- [TASK BRIEF]: Scan the data for "TriedIn" and copy each matching line.

______________________________

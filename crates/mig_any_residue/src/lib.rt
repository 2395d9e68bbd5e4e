//! What any optic leaves of a value, whichever it is: each optic's residue is held by one type, which is rejoined with foci.
#![tactic(auto)]

mod any_residue;
mod held;
mod rejoining;

pub use any_residue::{AnyGroup, AnyResidue};
pub use held::{HeldOptic, part_held};
pub use rejoining::rejoin_any;
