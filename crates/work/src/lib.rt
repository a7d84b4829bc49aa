// Exact work of the plain run: which wires it stores after an instant or a commit. A crate of one claim and its proof, without code.
#![tactic(auto)]
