// Verilog text to a sheet (document 02, request [1]): what the call answers is said in specs/.
#![tactic(auto)]

// What a text gave: 0 or the number of its refusal, the place at which it was met (a byte of the text; of the sheet for the sheet's own
// numbers), and the sheet's length, 0 where refused.
#[derive(Clone, Copy)]
pub struct TextRead {
    pub number: u8,
    pub place: usize,
    pub length: usize,
}
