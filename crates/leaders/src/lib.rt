// Coset leaders: document 01, part 4.
#![tactic(auto)]

pub mod build; // the words tried one after the other
pub mod leaders; // the leaders by check rows, and of a matrix

pub use crate::leaders::{Leaders, fill_leaders, leaders_of};
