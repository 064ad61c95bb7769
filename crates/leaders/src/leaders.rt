// Part 4: the leaders of all syndromes, in a lent list.
ghost use Rattle.leaders.specs.Leaders.{LeadersOf};
ghost use Rattle.leaders.specs.LeadersBy.{LeadersBy};

use crate::build::build;
use answers::Refusal;
use parity::parity_checks;
use words::limits::{MAX_CHECKS, WIDTH};
use words::shape::Matrix;

// The first 2^c entries become the leaders of words of n places by the first c check rows. Answers how many words were tried, or nothing where
// there is no room, and the list is as it was. c stands beside the array as in `parity::syndromes`.
pub fn fill_leaders(checks: &[u32; MAX_CHECKS], n: u32, c: u32, list: &mut [u32]) -> Option<u32>
    ensures { LeadersBy checks.now n c list.old result list.new }
{
    if WIDTH < n as usize || MAX_CHECKS < c as usize {
        return None;
    }
    let size = 1usize << c;
    if list.len() < size {
        return None;
    }
    Some(build(checks, n as usize, c as usize, &mut list[..size]))
}

// Where the leaders stand in the list: the check rows that give their syndromes, and how many words were tried.
#[derive(Drop)]
pub struct Leaders {
    pub checks: [u32; MAX_CHECKS],
    pub tried: u32,
}

// The first 2^(n - k) entries become the leaders by syndrome: causes 1 to 4 and 9.
pub fn leaders_of(matrix: &Matrix, list: &mut [u32]) -> Result<Leaders, Refusal>
    ensures { LeadersOf matrix.now.n matrix.now.k matrix.now.rows.now list.old result list.new }
{
    let checks = parity_checks(matrix)?;
    let tried = fill_leaders(&checks, matrix.n, matrix.n - matrix.k, list).ok_or(
        Refusal::ShortWork,
    )?;
    Ok(Leaders { checks, tried })
}
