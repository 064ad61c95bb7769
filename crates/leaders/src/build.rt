// The list of the leaders is filled: the words are tried by rising weight, of equal weight by rising number, with the syndrome kept along by one
// column a step; a word takes the entry of its syndrome where that is blank, and the build ends with the word that fills the last one.
ghost use Rattle.std.specs.Prelude.{◌≡◌, ℕ, suc, ◌+◌, ◌<◌, ◌≤◌, ◌^◌, length, take};
ghost use Rattle.coding.specs.Matrix.{encode};
ghost use Rattle.coding.specs.Order.{words, order, fills, blanks};
ghost use Rattle.coding.specs.Tries.{tried};
ghost use Rattle.words.specs.Limits.{width};
ghost use Rattle.leaders.specs.LeadersBy.{filled_by, tried_by};
ghost use Rattle.leaders.specs.Inner.Built.{TryingIn, TriedIn};

use parity::columns;
use words::limits::{MAX_CHECKS, WIDTH};

// The entry of a syndrome that has no leader yet: in the list, which C lends, an entry is a number and no Option.
const BLANK: u32 = u32::MAX;

// The list that is filled, the columns of the check rows, and how many entries are blank.
#[derive(Drop)]
pub(crate) struct Filling<'a> {
    pub list: &'a mut [u32],
    pub cols: [u32; WIDTH],
    pub blank: u32,
}

impl Filling<'_> {
    // The words prefix + 2^p for the places p below m, in rising order, until no entry is blank. Answers how many it tried.
    fn units(&mut self, m: usize, prefix: u32, s: u32) -> usize
        requires { TryingIn self.old m 1 prefix s }
        ensures { TriedIn self.old m 1 prefix self.new result }
    {
        for p in 0..m {
            let x = (s ^ self.cols[p]) as usize;
            if self.list[x] == BLANK {
                self.list[x] = prefix + (1u32 << p);
                self.blank -= 1;
                if self.blank == 0 {
                    return p + 1;
                }
            }
        }
        m
    }

    // The words prefix + 2^p + 2^q for the places q below p below m, in rising order, until no entry is blank; answers how many it tried.
    // A loop of its own beside that of `words`: with a call for each p the build takes 1.4 times the instructions, and misses its goal.
    fn pairs(&mut self, m: usize, prefix: u32, s: u32) -> usize
        requires { TryingIn self.old m 2 prefix s }
        ensures { TriedIn self.old m 2 prefix self.new result }
    {
        let mut tried: usize = 0;
        for p in 1..m {
            tried += self.units(p, prefix + (1u32 << p), s ^ self.cols[p]);
            if self.blank == 0 {
                return tried;
            }
        }
        tried
    }

    // The words of m places and weight t, in rising order, with the prefix added, until no entry is blank: those whose highest place is p, for
    // each p in turn. Answers how many it tried.
    fn words(&mut self, m: usize, t: usize, prefix: u32, s: u32) -> usize
        requires { TryingIn self.old m t prefix s }
        ensures { TriedIn self.old m t prefix self.new result }
    {
        // The ends of the recursion.
        if t == 1 {
            return self.units(m, prefix, s);
        }
        if t == 2 {
            return self.pairs(m, prefix, s);
        }
        let mut tried: usize = 0;
        for p in t - 1..m {
            tried += self.words(p, t - 1, prefix + (1u32 << p), s ^ self.cols[p]);
            if self.blank == 0 {
                return tried;
            }
        }
        tried
    }
}

// The list of the leaders: the words of n places and weight up to c are tried until no entry is blank. Answers how many were. n, a width, and c are what
// the columns, which have an entry for each place of a machine word, do not tell.
fn fill_list(list: &mut [u32], cols: [u32; WIDTH], n: usize, c: usize) -> u32
    requires cols_len { (length cols ≡ width) × (n ≤ width) × (c < width) × (0 < length list.old) × (length list.old < 2 ^ 32) }
    requires by_index { (w : ℕ) → encode cols w < length list.old }
    ensures list_after { list.new ≡ fills (encode cols) (blanks (length list.old)) (order n (suc c)) }
    ensures value { result ≡ tried (encode cols) (blanks (length list.old)) (order n (suc c)) }
{
    list.fill(BLANK);
    list[0] = 0;
    let blank = (list.len() - 1) as u32;
    let mut filling = Filling { list, cols, blank };
    let mut tried: usize = 1;
    for t in 1..c + 1 {
        if filling.blank == 0 {
            break;
        }
        tried += filling.words(n, t, 0, 0);
    }
    tried as u32
}

// The list that the words of n places and weight up to c fill, by the first c check rows, and how many of them were tried. c stands beside the
// array as in `parity::syndromes`.
pub(crate) fn build(checks: &[u32; MAX_CHECKS], n: usize, c: usize, list: &mut [u32]) -> u32
    requires { (n ≤ width) × (c < width) × (length list.old ≡ 2 ^ c) }
    ensures list_after { list.new ≡ filled_by (take c checks.now) n c }
    ensures value { result ≡ tried_by (take c checks.now) n c }
{
    fill_list(list, columns(checks, n, c), n, c)
}
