//! Program headers as C passes them (System V ABI chapter 5, "Program Header").
ghost use Rattle.std.specs.Prelude.{◌≡◌, IfSome, find, true};
ghost use Rattle.cfi_c.specs.LoadedImages.{IsRangeMade, end_of_segment, has_file_byte, highest};
ghost use Rattle.cfi_c.specs.LoadedImages.{is_type, lowest, range_of};

use crate::refusal::NO_SEGMENTS;
use cfi_elf::constants::{PT_GNU_EH_FRAME, PT_LOAD};

/// A program header of a file of 64 bits: what a segment is, where it is in the file, and where it
/// is loaded.
#[repr(C)]
#[derive(Clone, Copy)]
pub struct CfiProgramHeader {
    pub p_type: u32,
    pub p_flags: u32,
    pub p_offset: u64,
    pub p_vaddr: u64,
    pub p_paddr: u64,
    pub p_filesz: u64,
    pub p_memsz: u64,
    pub p_align: u64,
}

/// Some addresses of a process.
#[repr(C)]
#[derive(Clone, Copy)]
pub struct CfiRange {
    /// The first address, and the first after them.
    pub start: u64,
    pub end: u64,
}

/// Writes the addresses that the segments of a file take in a process: from the first one of a
/// segment of type `PT_LOAD` to the last, each plus the bias, modulo 2^64.
///
/// Returns 0, or `NO_SEGMENTS` if there is no such segment, and then writes nothing. Does not
/// allocate.
#[unsafe(no_mangle)]
pub extern "C" fn cfi_range_of_headers(
    headers: &[CfiProgramHeader],
    bias: u64,
    range: &mut CfiRange,
) -> i32
    ensures { IsRangeMade (range_of bias headers.now) range.old range.new result }
{
    match range_of(headers, bias) {
        Some(found) => {
            *range = found;
            0
        }
        None => NO_SEGMENTS,
    }
}

/// The addresses of the segments, or `None` if none is loaded.
pub fn range_of(headers: &[CfiProgramHeader], bias: u64) -> Option<CfiRange>
    ensures { result ≡ range_of bias headers.now }
{
    match first_load(headers) {
        Some(_load) => Some(CfiRange {
            start: lowest(headers).wrapping_add(bias),
            end: highest(headers).wrapping_add(bias),
        }),
        None => None,
    }
}

/// The lowest address of a segment that is loaded.
fn lowest(headers: &[CfiProgramHeader]) -> u64
    ensures { result ≡ lowest headers.now }
{
    let mut least = u64::MAX;
    for header in headers {
        if header.p_type == PT_LOAD {
            least = least.min(header.p_vaddr);
        }
    }
    least
}

/// The first address behind all segments that are loaded.
fn highest(headers: &[CfiProgramHeader]) -> u64
    ensures { result ≡ highest headers.now }
{
    let mut greatest = 0;
    for header in headers {
        if header.p_type == PT_LOAD {
            greatest = greatest.max(end_of_segment(header));
        }
    }
    greatest
}

/// Where the segment ends, if there are so many addresses.
fn end_of_segment(header: &CfiProgramHeader) -> u64
    ensures { result ≡ end_of_segment header.now }
{
    header.p_vaddr.saturating_add(header.p_memsz)
}

/// The first segment that is loaded.
fn first_load(headers: &[CfiProgramHeader]) -> Option<CfiProgramHeader>
    ensures { result ≡ find (is_type 1) headers.now }
{
    for header in headers {
        if header.p_type == PT_LOAD {
            return Some(*header);
        }
    }
    None
}

/// The segment of `.eh_frame_hdr`.
pub fn header_segment(headers: &[CfiProgramHeader]) -> Option<CfiProgramHeader>
    ensures { result ≡ find (is_type 0x6474e550) headers.now }
{
    for header in headers {
        if header.p_type == PT_GNU_EH_FRAME {
            return Some(*header);
        }
    }
    None
}

/// The first loaded segment that has a byte of the file at this address of the file.
pub fn segment_at(headers: &[CfiProgramHeader], place: u64) -> Option<CfiProgramHeader>
    ensures found { result ≡ find (has_file_byte place) headers.now }
    ensures has { IfSome result (λ header. has_file_byte place header ≡ true) }
{
    for header in headers {
        if has_address(header, place) {
            return Some(*header);
        }
    }
    None
}

/// Whether the segment is loaded, and has a byte of the file at the address.
fn has_address(header: &CfiProgramHeader, place: u64) -> bool
    ensures { result ≡ has_file_byte place header.now }
{
    header.p_type == PT_LOAD && header.p_vaddr <= place && place - header.p_vaddr < header.p_filesz
}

______________________________

- [EXERCISE ANSWER]:
ghost use Rattle.leaders.specs.Inner.Built.{TryingIn, TriedIn};
        ensures { TriedIn self.old m 1 prefix self.new result }
        ensures { TriedIn self.old m 2 prefix self.new result }
        ensures { TriedIn self.old m t prefix self.new result }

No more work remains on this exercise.